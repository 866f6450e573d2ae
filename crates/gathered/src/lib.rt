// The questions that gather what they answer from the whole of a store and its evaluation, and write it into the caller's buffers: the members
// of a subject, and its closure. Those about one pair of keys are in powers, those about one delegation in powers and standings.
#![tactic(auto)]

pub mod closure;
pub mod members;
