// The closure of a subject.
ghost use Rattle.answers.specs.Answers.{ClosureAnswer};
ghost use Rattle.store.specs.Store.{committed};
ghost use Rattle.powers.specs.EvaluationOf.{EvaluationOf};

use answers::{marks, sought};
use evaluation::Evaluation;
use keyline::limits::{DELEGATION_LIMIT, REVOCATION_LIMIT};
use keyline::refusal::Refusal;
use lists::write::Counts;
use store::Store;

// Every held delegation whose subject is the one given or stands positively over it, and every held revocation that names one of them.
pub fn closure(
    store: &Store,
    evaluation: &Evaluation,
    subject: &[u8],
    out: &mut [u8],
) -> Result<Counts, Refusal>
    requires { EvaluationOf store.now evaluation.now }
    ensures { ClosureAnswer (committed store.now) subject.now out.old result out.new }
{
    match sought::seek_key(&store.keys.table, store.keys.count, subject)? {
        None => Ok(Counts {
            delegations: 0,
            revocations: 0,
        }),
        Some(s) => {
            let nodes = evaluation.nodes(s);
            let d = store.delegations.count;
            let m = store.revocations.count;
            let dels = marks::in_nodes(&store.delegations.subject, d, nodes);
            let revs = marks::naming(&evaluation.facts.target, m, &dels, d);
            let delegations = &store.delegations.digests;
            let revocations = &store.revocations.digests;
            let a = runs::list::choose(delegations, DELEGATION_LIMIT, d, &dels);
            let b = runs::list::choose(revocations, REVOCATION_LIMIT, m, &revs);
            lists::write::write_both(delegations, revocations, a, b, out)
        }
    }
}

········

## Exercise
Give the exact lines, and only those, from the line containing "let nodes = evaluation.nodes(s);" through the line containing "let revs = marks::naming(&evaluation.facts.target, m, &dels, d);" in the entries above.

## Result of the exercise
            let nodes = evaluation.nodes(s);
            let d = store.delegations.count;
            let m = store.revocations.count;
            let dels = marks::in_nodes(&store.delegations.subject, d, nodes);
            let revs = marks::naming(&evaluation.facts.target, m, &dels, d);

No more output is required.